Seeking Efficiencies Through the Cloud, Innovation 

According to the research, IT organisations are adopting a variety of approaches to adjust to the current economic climate, led by an increased focus on cloud projects that can drive efficiencies (62%) and investment in innovation projects (58%). Across all global regions, leaders identified cloud projects as the single most important factor in navigating the current economic climate, as well as the leading source of re-prioritised investment versus their original budget allocation. 

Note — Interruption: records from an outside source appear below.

//! What a client is refused with, what a layer, a hub or a client that goes had, and what a call as a value took, is
//! dropped without the lock: the drop of a transport, a processor or callbacks waits until another thread has made a
//! call on the same core.
use crate::crowd::{new_scope, pop_in_turn};
use crate::quiet::Quiet;
use crate::workshop::{Held, Options, event, fresh, options};
use sentry_base::callbacks::EventCallback;
use sentry_base::protocol::{
    ClientKey, Envelope, Event, HubKey, Log, LogLevel, Refusal, SpanId, TraceId,
};
use sentry_batches::metrics::{IntoProtocolMetric, counter};
use sentry_calls::call::{Call, ClientCall, HubCall};
use sentry_lock::{CoreLock, Locked, SharedCore, Waiting};
use sentry_options::ClientOptions;
use sentry_plain::{Boxed, Items};
use sentry_scope::{Scope, ScopeEdit};
use sentry_transport::{NoOpTransport, Transport};
use std::alloc::{AllocError, Global};
use std::sync::Arc;
use std::sync::atomic::{AtomicBool, AtomicU64, Ordering};
use std::test::Fail;
use std::thread::{join, yield_now};

/// How often one thread looks for what the other does.
const LOOKS: u64 = 2_000_000;

/// How many drops wait, how many of them were answered by a call, and whether no more come.
#[derive(Drop)]
pub(crate) struct Partings {
    begun: AtomicU64,
    answered: AtomicU64,
    is_over: AtomicBool,
}

impl Partings {
    fn new(alloc: Global) -> Result<Arc<Partings>, AllocError> {
        let partings = Partings {
            begun: AtomicU64::new(0),
            answered: AtomicU64::new(0),
            is_over: AtomicBool::new(false),
        };
        Ok(Arc::new(alloc, partings)?)
    }

    fn is_answered(&self, number: u64) -> bool {
        number < self.answered()
    }

    // Waits for an answer, and gives up after many looks.
    fn wait(&self) {
        let number = self.begun.fetch_add(1, Ordering::SeqCst);
        for _ in 0..LOOKS {
            if self.is_answered(number) || self.is_over() {
                return;
            }
            yield_now();
        }
        self.end();
    }

    fn is_over(&self) -> bool {
        self.is_over.load(Ordering::SeqCst)
    }

    fn end(&self) {
        self.is_over.store(true, Ordering::SeqCst);
    }

    fn answered(&self) -> u64 {
        self.answered.load(Ordering::SeqCst)
    }

    /// Makes a call for each drop that waits, until no more come.
    fn answer_each<L: CoreLock>(&self, core: &SharedCore<L>) {
        for _ in 0..LOOKS {
            let answered = self.answered();
            if answered < self.begun.load(Ordering::SeqCst) {
                let _held = core.held();
                self.answered
                    .store(answered.wrapping_add(1), Ordering::SeqCst);
            }
            if self.is_over() {
                return;
            }
            yield_now();
        }
    }
}

/// Its drop waits.
pub(crate) struct Slow {
    partings: Arc<Partings>,
}

impl Drop for Slow {
    fn drop(self) {
        let Slow { partings } = self;
        partings.wait();
    }
}

impl Slow {
    fn new(partings: &Arc<Partings>) -> Result<Slow, AllocError> {
        Ok(Slow {
            partings: partings.clone()?,
        })
    }
}

impl Transport for Slow {
    fn send_envelope(&self, _envelope: Envelope) {}
}

impl EventCallback for Slow {
    ghost use Rattle.std.specs.Prelude.{Some};

    ghost gives = { λ _ event. Some event };

    fn call(&self, event: Event) -> Result<Option<Event>, AllocError> {
        Ok(Some(event))
    }
}

/// Whether a client is refused.
fn is_refused<L: CoreLock>(
    core: &SharedCore<L>,
    options: ClientOptions<L::Callbacks>,
    transport: L::Transport,
) -> bool {
    Held::on(core, options, Some(transport)).err() == Some(Refusal::OutOfMemory)
}

fn scope_with_processor<L: CoreLock<Processor = Slow>>(
    core: &SharedCore<L>,
    partings: &Arc<Partings>,
) -> Result<Scope<Slow>, AllocError> {
    let mut scope = new_scope(core);
    scope.add_event_processor(Slow::new(partings)?)?;
    Ok(scope)
}

fn boxed_scope<L: CoreLock<Processor = Slow>>(
    core: &SharedCore<L>,
    partings: &Arc<Partings>,
) -> Result<Boxed<Scope<Slow>>, AllocError> {
    Boxed::new(core.allocator(), scope_with_processor(core, partings)?)
}

/// A hub of one layer with a processor.
fn hub_with_processor<L: CoreLock<Processor = Slow>>(
    core: &SharedCore<L>,
    partings: &Arc<Partings>,
) -> Result<HubKey, Refusal> {
    core.new_hub(None, scope_with_processor(core, partings)?)
}

/// Adds a processor to the top layer.
fn add_processor<L: CoreLock<Processor = Slow>>(
    core: &SharedCore<L>,
    hub: HubKey,
    partings: &Arc<Partings>,
) -> Result<(), Refusal> {
    let mut edits = Vec::with_capacity(core.allocator(), 1)?;
    edits.push_reserved(ScopeEdit::AddEventProcessor(Slow::new(partings)?));
    core.lock_hub(hub).configure(edits, 1)
}

fn one_clear(alloc: Global) -> Result<Vec<ScopeEdit<Slow>>, AllocError> {
    let mut edits = Vec::with_capacity(alloc, 1)?;
    edits.push_reserved(ScopeEdit::Clear(TraceId([1; 16]), SpanId([2; 8])));
    Ok(edits)
}

/// A client that no core holds.
fn no_client() -> ClientKey {
    ClientKey { tag: 1, number: 99 }
}

/// A pop, a clear, a release, and a hub that is refused.
fn let_go_by_methods<L: CoreLock<Processor = Slow>>(
    core: &SharedCore<L>,
    partings: &Arc<Partings>,
) -> Result<(), Refusal> {
    let hub = core.new_hub(None, new_scope(core))?;
    let guard = core.push_scope(hub)?;
    let added = add_processor(core, hub, partings);
    pop_in_turn(core, guard)?;
    added?;
    add_processor(core, hub, partings)?;
    core.lock_hub(hub)
        .configure(one_clear(core.allocator())?, 1)?;
    add_processor(core, hub, partings)?;
    core.lock_hub(hub).release_hub(1)?;
    drop(core.new_hub(Some(no_client()), scope_with_processor(core, partings)?));
    Ok(())
}

/// The same by calls as values.
fn let_go_by_values<L: CoreLock<Processor = Slow>>(
    core: &SharedCore<L>,
    partings: &Arc<Partings>,
) -> Result<(), Refusal> {
    let alloc = core.allocator();
    let hub = core.new_hub(None, new_scope(core))?;
    core.call(Call::Hub(HubCall::PushScope(hub)))?;
    add_processor(core, hub, partings)?;
    core.call(Call::Hub(HubCall::PopScope {
        hub,
        depth: 1,
        now: 1,
    }))?;
    add_processor(core, hub, partings)?;
    let edits = Items::from_vec(one_clear(alloc)?);
    core.call(Call::Hub(HubCall::Configure { hub, edits, now: 1 }))?;
    add_processor(core, hub, partings)?;
    core.call(Call::Hub(HubCall::ReleaseHub { hub, now: 1 }))?;
    let refused = HubCall::NewHub {
        client: Some(no_client()),
        scope: boxed_scope(core, partings)?,
    };
    drop(core.call(Call::Hub(refused)));
    let hub = hub_with_processor(core, partings)?;
    let mut calls = Vec::with_capacity(alloc, 1)?;
    calls.push_reserved(Call::Hub(HubCall::ReleaseHub { hub, now: 1 }));
    core.call_all(calls)
}

/// Scopes that calls as values take.
fn let_go_of_scopes<L: CoreLock<Processor = Slow>>(
    core: &SharedCore<L>,
    partings: &Arc<Partings>,
) -> Result<(), Refusal> {
    let alloc = core.allocator();
    let client = no_client();
    let prepared = ClientCall::PrepareEvent {
        client,
        event: Boxed::new(alloc, event(alloc, 1)?)?,
        scope: Some(boxed_scope(core, partings)?),
        fresh: fresh(1),
    };
    drop(core.call(Call::Client(prepared)));
    let captured = ClientCall::ClientCaptureEvent {
        client,
        event: Boxed::new(alloc, event(alloc, 2)?)?,
        scope: Some(boxed_scope(core, partings)?),
        fresh: fresh(2),
    };
    drop(core.call(Call::Client(captured)));
    let log = ClientCall::ClientCaptureLog {
        client,
        log: Boxed::new(alloc, Log::new(alloc, LogLevel::Info, "x", 1)?)?,
        scope: boxed_scope(core, partings)?,
    };
    drop(core.call(Call::Client(log)));
    let metric = ClientCall::ClientCaptureMetric {
        client,
        draft: Boxed::new(alloc, counter(alloc, "c", 1)?.into_draft())?,
        scope: boxed_scope(core, partings)?,
        now: 1,
    };
    drop(core.call(Call::Client(metric)));
    Ok(())
}

/// A client whose callbacks are dropped slowly.
fn slow_client<L: CoreLock<Callbacks = Quiet>>(
    core: &SharedCore<L>,
    partings: &Arc<Partings>,
) -> Result<Held<L>, Refusal> {
    let mut options: Options = options(core.allocator(), false)?;
    options.callbacks.slow = Some(Slow::new(partings)?);
    Held::on(core, options, None)
}

/// Clients that are given back.
fn let_go_of_clients<L: CoreLock<Callbacks = Quiet>>(
    core: &SharedCore<L>,
    partings: &Arc<Partings>,
) -> Result<(), Refusal> {
    slow_client(core, partings)?.client.drop_client()?;
    let client = slow_client(core, partings)?.client.key();
    core.call(Call::Client(ClientCall::DropClient(client)))?;
    let client = slow_client(core, partings)?.client.key();
    let mut calls = Vec::with_capacity(core.allocator(), 1)?;
    calls.push_reserved(Call::Client(ClientCall::DropClient(client)));
    core.call_all(calls)
}

/// How many drops there are in all of these.
const DROPS: u64 = 16;

fn let_go_of_all<L: CoreLock<Processor = Slow, Callbacks = Quiet>>(
    core: &SharedCore<L>,
    partings: &Arc<Partings>,
) -> Result<(), Refusal> {
    let_go_by_methods(core, partings)?;
    let_go_by_values(core, partings)?;
    let_go_of_scopes(core, partings)?;
    let_go_of_clients(core, partings)
}

#[test]
fn a_refused_transport_is_dropped_without_the_lock(rt: HostRuntime) -> Result<(), Fail> {
    let alloc: Global = rt.alloc();
    let partings = Partings::new(alloc)?;
    let transport = Arc::new(alloc, Slow::new(&partings)?)?;
    let core: SharedCore<crate::workshop::Lock<Slow, HostRuntime>> = SharedCore::new(
        Waiting(rt),
        alloc,
        1,
    )?;
    let mut refused: Options = options(alloc, false)?;
    refused.callbacks.has_no_set_up = true;
    let (is_refused, ()) = join(
        &rt,
        || {
            let is_refused = is_refused(&core, refused, transport);
            partings.end();
            is_refused
        },
        || partings.answer_each(&core),
    );
    assert!(rt; is_refused && partings.answered() == 1);
    Ok(())
}

#[test]
fn what_calls_let_go_is_dropped_without_the_lock(rt: HostRuntime) -> Result<(), Fail> {
    let alloc: Global = rt.alloc();
    let partings = Partings::new(alloc)?;
    let core: SharedCore<Locked<Slow, Quiet, NoOpTransport, Waiting<HostRuntime>>> =
        SharedCore::new(Waiting(rt), alloc, 1)?;
    let (let_go, ()) = join(
        &rt,
        || {
            let let_go = let_go_of_all(&core, &partings);
            partings.end();
            let_go
        },
        || partings.answer_each(&core),
    );
    let answered = partings.answered();
    assert!(rt; let_go.is_ok() && answered == DROPS);
    Ok(())
}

Moreover, when asked to rank their leading areas of investment focus for the next 12 to 18 months, Australian respondents highlighted cloud operations as the most important strategic IT priority, at 80%, followed by security (66%) and digital transformation (55%). More than 33% of Australian respondents also say they either have already moved or plan to move all of their IT infrastructure to the cloud, while a further 43% only expect a small percentage of infrastructure (between 1% and 10%) to never move to the cloud. 

As they increase their cloud investments, organisations are also becoming more sophisticated at managing cloud costs and deriving value from their investments. Two-thirds (67%) of Australian respondents said that their organisation had established FinOps capabilities, with 85% saying that their organisation’s FinOps capabilities are either of medium maturity or high maturity. 

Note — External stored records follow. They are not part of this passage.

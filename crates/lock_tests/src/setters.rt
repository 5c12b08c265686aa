//! The setters of a copy of a scope.
use crate::quiet::Passes;
use sentry_base::protocol::{Attachment, Context, Level, SpanId, TraceId, User, ValueMap};
use sentry_lock::ScopeEdits;
use sentry_plain::{Items, Text};
use sentry_scope::Scope;
use std::alloc::{AllocError, Global};
use std::test::Fail;

/// A file without content.
fn attachment(alloc: Global) -> Result<Attachment, AllocError> {
    Ok(Attachment {
        filename: Text::new(alloc, "log.txt")?,
        buffer: Items::new(alloc),
        content_type: None,
    })
}

/// Whether eleven calls of setters have memory enough.
fn set_all<P: Drop>(
    alloc: Global,
    edits: &mut ScopeEdits<P>,
    file: Attachment,
    processor: P,
) -> bool {
    edits.set_level(Some(Level::Error)).is_ok()
        & edits.set_fingerprint(Some(&["till", "drawer"])).is_ok()
        & edits.set_transaction(Some("sell")).is_ok()
        & edits.set_user(Some(User::new(alloc))).is_ok()
        & edits.set_tag("till", "3").is_ok()
        & edits.set_extra("lamps", 2u64).is_ok()
        & edits
            .set_context("shop", Context::Other(ValueMap::new(alloc)))
            .is_ok()
        & edits.set_context("town", ("name", "Bern")).is_ok()
        & edits.add_attachment(file).is_ok()
        & edits.add_event_processor(processor).is_ok()
        & edits.set_span(None).is_ok()
}

/// The same of six that take parts away, or all of them.
fn remove_all<P: Drop>(edits: &mut ScopeEdits<P>) -> bool {
    edits.remove_tag("till").is_ok()
        & edits.remove_extra("lamps").is_ok()
        & edits.remove_context("shop").is_ok()
        & edits.clear_breadcrumbs().is_ok()
        & edits.clear_attachments().is_ok()
        & edits.clear(TraceId([5; 16]), SpanId([6; 8])).is_ok()
}

/// Whether all these have memory enough, whether the copy then has a user or a span and its scope a user, and how many
/// edits there are.
fn edit_all<P: Drop>(alloc: Global, processor: P) -> Result<(bool, [bool; 3], usize), AllocError> {
    let file = attachment(alloc)?;
    let mut edits = ScopeEdits::new(alloc, Scope::new(alloc, TraceId([1; 16]), SpanId([2; 8])));
    let are_done = set_all(alloc, &mut edits, file, processor) & remove_all(&mut edits);
    let found = [
        edits.user().is_some(),
        edits.get_span().is_some(),
        edits.scope().user().is_some(),
    ];
    Ok((are_done, found, edits.into_edits().len()))
}

#[test]
fn each_setter_is_an_edit(rt: HostRuntime) -> Result<(), Fail> {
    let found = edit_all(rt.alloc(), Passes)?;
    assert!(rt; found == (true, [false; 3], 17));
    Ok(())
}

“With budget cuts from economic slowdown top of mind, being smart about the types of technology you adopt is key. Early adoption of cloud transformation projects provides the scalability, innovation, cost-effectiveness, and flexibility needed to enable IT teams to deliver on their technology investments. In addition, ensuring organisations have a comprehensive FinOps strategy will be crucial to navigating future economic instability,” added Maronese.  

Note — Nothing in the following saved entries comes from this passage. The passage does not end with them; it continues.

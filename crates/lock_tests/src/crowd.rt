//! Threads at work on one core: clients come and go while others send, and scopes are pushed and popped.
use crate::workshop::{
    Held, Lock, Note, Notebook, capture_event, capture_log, event, fresh, options,
};
use sentry_base::protocol::{HubKey, Refusal, SpanId, TraceId};
use sentry_engine::ScopeGuard;
use sentry_lock::{Client, CoreLock, SharedCore, Waiting};
use sentry_options::ClientOptions;
use sentry_scope::{Scope, ScopeEdit};
use std::alloc::{AllocError, Global};
use std::sync::Arc;
use std::test::Fail;
use std::thread::{Threads, join, map_vec, yield_now};

/// How many copies of a client each thread makes, and how often it pushes and pops.
const TURNS: u64 = 25;

/// How often a thread tries to pop a layer on which those of others stand.
pub(crate) const LOOKS: u64 = 10_000_000;

pub(crate) fn new_scope<L: CoreLock>(core: &SharedCore<L>) -> Scope<L::Processor> {
    Scope::new(core.allocator(), TraceId([1; 16]), SpanId([2; 8]))
}

/// A client that a thread copies again and again, and the number of its first event.
#[derive(Drop)]
struct Original<L> {
    client: Client<L>,
    first: u64,
}

/// Captures an event on a hub of a copy, two logs on the copy, and an event on the original.
fn send<L: CoreLock>(
    original: &Original<L>,
    copy: &Client<L>,
    hub: HubKey,
    number: u64,
) -> Result<(), Refusal> {
    let core = copy.core();
    let event = event(core.allocator(), number)?;
    core.lock_hub(hub).capture_event(event, fresh(number))?;
    core.lock_hub(hub).start_session(fresh(number))?;
    capture_log(copy)?;
    capture_log(copy)?;
    capture_event(&original.client, number.wrapping_add(1))?;
    Ok(())
}

/// Flushes a copy, closes it, ticks it, or does nothing with it.
fn end<L: CoreLock>(copy: &Client<L>, way: u64) -> Result<(), Refusal> {
    match way % 4 {
        0 => drop(copy.flush(Some(1))?),
        1 => drop(copy.close(Some(1))?),
        2 => copy.tick(100_000_000_000)?,
        _other => {}
    }
    Ok(())
}

/// Drops a copy. Answers whether it stays while its hub is held, and is gone then.
fn drop_copy<L: CoreLock>(copy: &Client<L>, hub: HubKey) -> Result<bool, Refusal> {
    let stays = copy.drop_client().err() == Some(Refusal::StillNamed);
    copy.core().lock_hub(hub).release_hub(2)?;
    copy.drop_client()?;
    Ok(stays && copy.flush(None).err() == Some(Refusal::Stale))
}

/// One copy from its first call to its last.
fn live<L: CoreLock>(original: &Original<L>, turn: u64) -> Result<bool, Refusal> {
    let copy = original.client.clone_client(1)?;
    let core = copy.core();
    let hub = core.new_hub(Some(copy.key()), new_scope(core))?;
    let number = original.first.wrapping_add(turn.wrapping_mul(2));
    send(original, &copy, hub, number)?;
    end(&copy, turn)?;
    drop_copy(&copy, hub)
}

fn live_all<L: CoreLock>(original: Original<L>) -> Result<bool, Refusal> {
    let mut are_well = true;
    for turn in 0..TURNS {
        are_well &= live(&original, turn)?;
    }
    Ok(are_well)
}

/// Whether each of these is true.
fn all_of(answers: Vec<Result<bool, Refusal>>) -> Result<bool, Refusal> {
    let mut are_true = true;
    for answer in answers {
        are_true &= answer?;
    }
    Ok(are_true)
}

/// Two threads' shares of a client.
fn originals<L: CoreLock>(client: &Client<L>, first: u64) -> Result<Vec<Original<L>>, AllocError> {
    let mut originals = Vec::new(client.core().allocator());
    for first in [first, first.wrapping_add(50)] {
        originals.push(Original {
            client: client.clone()?,
            first,
        })?;
    }
    Ok(originals)
}

/// Adds a client, has two threads copy it, and drops it.
fn come_and_go<R: Threads + Sync, L: CoreLock + Send + Sync + 'static>(
    rt: &R,
    core: &SharedCore<L>,
    options: ClientOptions<L::Callbacks>,
    transport: L::Transport,
    first: u64,
) -> Result<bool, Refusal>
where
    L::Processor: Send + Sync + 'static,
    L::Callbacks: Send + Sync + 'static,
    L::Transport: Send + Sync + 'static,
{
    let held = Held::on(core, options, Some(transport))?;
    let originals = originals(&held.client, first)?;
    match map_vec(rt, originals, &|original: Original<L>| live_all(original)) {
        Ok(answers) => {
            held.client.flush(None)?;
            held.client.drop_client()?;
            all_of(answers)
        }
        Err(failed) => Err(AllocError::from(failed).into()),
    }
}

/// Whether the events from 1 to this number are among these, each of them once.
fn has_each_event(asked: &[Note], last: u64) -> bool {
    let mut events = 0u64;
    for note in asked {
        if let Note::Send(_) = note {
            events = events.wrapping_add(1);
        }
    }
    let mut all = events == last;
    for number in 1..last.wrapping_add(1) {
        all &= asked.contains(&Note::Send(u128::from(number)));
    }
    all
}

/// How many logs are in the batches of these.
fn count_logs(asked: &[Note]) -> usize {
    let mut logs = 0usize;
    for note in asked {
        if let Note::SendLogs(more) = note {
            logs = logs.wrapping_add(*more);
        }
    }
    logs
}

#[test]
fn clients_come_and_go_while_others_send(rt: HostRuntime) -> Result<(), Fail> {
    let alloc: Global = rt.alloc();
    let notebook = Notebook::new(rt, alloc, true)?;
    let core: SharedCore<Lock<Notebook<HostRuntime>, HostRuntime>> = SharedCore::new(
        Waiting(rt),
        alloc,
        1,
    )?;
    for first in [1, 201] {
        let (one, other) = join(
            &rt,
            || {
                let options = options(alloc, false)?.release("r")?;
                come_and_go(&rt, &core, options, notebook.clone()?, first)
            },
            || {
                let options = options(alloc, false)?.release("r")?;
                come_and_go(
                    &rt,
                    &core,
                    options,
                    notebook.clone()?,
                    first.wrapping_add(100),
                )
            },
        );
        let (one, other) = (one?, other?);
        assert!(rt; one && other);
    }
    let notes = notebook.take(alloc);
    assert!(rt; has_each_event(notes.asked.as_slice(), 400));
    assert!(rt; count_logs(notes.asked.as_slice()) == 400);
    let held = core.held();
    assert!(rt; (held.clients, held.hubs, held.layers, held.sessions) == (0, 0, 0, 0));
    // no share of a client's transport is kept
    assert!(rt; Arc::strong_count(&notebook) == 1);
    Ok(())
}

// A scope is told apart by the span that it was cleared to.
fn mark_of<L: CoreLock>(core: &SharedCore<L>, hub: HubKey) -> Result<u64, Refusal> {
    Ok(u64::from_be_bytes(core.lock_hub(hub).scope()?.span_id.0))
}

/// Marks the top scope. Answers whether it had the mark of the one below before, and has its own then.
fn mark<L: CoreLock>(
    core: &SharedCore<L>,
    hub: HubKey,
    below: u64,
    mark: u64,
) -> Result<bool, Refusal> {
    let is_copy = mark_of(core, hub)? == below;
    let mut edits = Vec::with_capacity(core.allocator(), 1)?;
    edits.push_reserved(ScopeEdit::Clear(TraceId([1; 16]), SpanId(mark.to_be_bytes())));
    core.lock_hub(hub).configure(edits, 1)?;
    Ok(is_copy && mark_of(core, hub)? == mark)
}

/// Removes a layer, as soon as no other stands on it.
pub(crate) fn pop_in_turn<L: CoreLock>(
    core: &SharedCore<L>,
    guard: ScopeGuard,
) -> Result<(), Refusal> {
    let mut guard = guard;
    for _ in 0..LOOKS {
        match core.pop_scope(guard, 1) {
            Ok(()) => return Ok(()),
            Err((Refusal::OutOfOrder, back)) => guard = back,
            Err((refusal, back)) => {
                let (_hub, _depth) = back.into_parts();
                return Err(refusal);
            }
        }
        yield_now();
    }
    let (_hub, _depth) = guard.into_parts();
    Err(Refusal::OutOfOrder)
}

/// Pushes a marked layer and pops it. Answers whether each scope was what it is to be.
fn push_one<L: CoreLock>(core: &SharedCore<L>, hub: HubKey, number: u64) -> Result<bool, Refusal> {
    let below = mark_of(core, hub)?;
    let guard = core.push_scope(hub)?;
    let is_marked = mark(core, hub, below, number);
    pop_in_turn(core, guard)?;
    Ok(is_marked? && mark_of(core, hub)? == below)
}

/// The same of two layers, one on the other.
fn push_two<L: CoreLock>(core: &SharedCore<L>, hub: HubKey, number: u64) -> Result<bool, Refusal> {
    let below = mark_of(core, hub)?;
    let guard = core.push_scope(hub)?;
    let is_marked = mark(core, hub, below, number);
    let is_pushed = push_one(core, hub, number.wrapping_add(1));
    pop_in_turn(core, guard)?;
    Ok(is_marked? && is_pushed? && mark_of(core, hub)? == below)
}

/// A thread's core, its number, and a hub that all threads have.
#[derive(Drop)]
struct Pusher<L> {
    core: SharedCore<L>,
    number: u64,
    common: HubKey,
}

/// Pushes and pops on a hub of its own, and on the common one.
fn push_all<L: CoreLock>(pusher: Pusher<L>) -> Result<bool, Refusal> {
    let Pusher {
        core,
        number,
        common,
    } = pusher;
    let own = core.new_hub(None, new_scope(&core))?;
    let mut are_right = mark(&core, own, u64::from_be_bytes([2; 8]), number)?;
    for turn in 0..TURNS {
        let guard = core.push_scope(common)?;
        let is_right = push_two(&core, own, number.wrapping_add(turn));
        pop_in_turn(&core, guard)?;
        are_right &= is_right?;
    }
    are_right &= mark_of(&core, own)? == number;
    core.lock_hub(own).release_hub(2)?;
    Ok(are_right)
}

fn pushers<L: CoreLock>(
    core: &SharedCore<L>,
    common: HubKey,
) -> Result<Vec<Pusher<L>>, AllocError> {
    let mut pushers = Vec::new(core.allocator());
    for number in [1_000, 2_000, 3_000, 4_000] {
        pushers.push(Pusher {
            core: core.clone()?,
            number,
            common,
        })?;
    }
    Ok(pushers)
}

/// Whether the scopes of four threads were what they are to be, and the common one is what it was.
fn push_in_threads<R: Threads + Sync, L: CoreLock + Send + Sync + 'static>(
    rt: &R,
    core: &SharedCore<L>,
) -> Result<bool, Fail>
where
    L::Processor: Send + Sync + 'static,
    L::Callbacks: Send + Sync + 'static,
    L::Transport: Send + Sync + 'static,
{
    let common = core.new_hub(None, new_scope(core))?;
    let pushers = pushers(core, common)?;
    let answers = map_vec(rt, pushers, &|pusher: Pusher<L>| push_all(pusher))?;
    let are_right = all_of(answers)?;
    let is_as_before = mark_of(core, common)? == u64::from_be_bytes([2; 8]);
    core.lock_hub(common).release_hub(2)?;
    Ok(are_right && is_as_before)
}

#[test]
fn each_scope_is_what_it_was(rt: HostRuntime) -> Result<(), Fail> {
    let core: SharedCore<Lock<Notebook<HostRuntime>, HostRuntime>> = SharedCore::new(
        Waiting(rt),
        rt.alloc(),
        1,
    )?;
    assert!(rt; push_in_threads(&rt, &core)?);
    let held = core.held();
    assert!(rt; (held.hubs, held.layers) == (0, 0));
    Ok(())
}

Even in Tougher Times, Talent Remains Scarce 

Even amidst economic uncertainty, IT organisations are still facing a tough talent environment. 61% of Australians said they are struggling to fill technical vacancies, especially in the areas of cybersecurity (62%), machine learning (57%), data analytics (55%), data engineering (46%), cloud architecture (38%) and network engineering (36%). 

61% of Australian organisations are also struggling to retain IT staff with specific in demand skills. In response, they are offering additional training opportunities (67%), increasing the value of rewards (65%), instituting salary increases (57%), making work/life balance improvements (38%), among other tactics. 

Over half of respondents globally (52%) and Australian (57%) said their organisation is downsizing employees. Australian organisations are reducing their HR teams by over two thirds (67%) compared to globally (56%), making the same changes to their sales and marketing teams (47% vs 49%), and IT operations (30% vs 38%).  Finally, given talent scarcity, 85% of Australian organisations are also looking for ways to enable technology to perform work traditionally performed by humans, especially in the areas of customer service (63%) and IT operations (66%). 

“Though economic conditions have shifted, it’s clear that organisations are still fighting against a very challenging market for talent, especially in key priority areas. Finding new ways to leverage technology to address some of these shortfalls can help companies navigate the next 12-18 months, as will strategic use of outside resources,” said Jeff DeVerter, Chief Technology Evangelist at Rackspace Technology.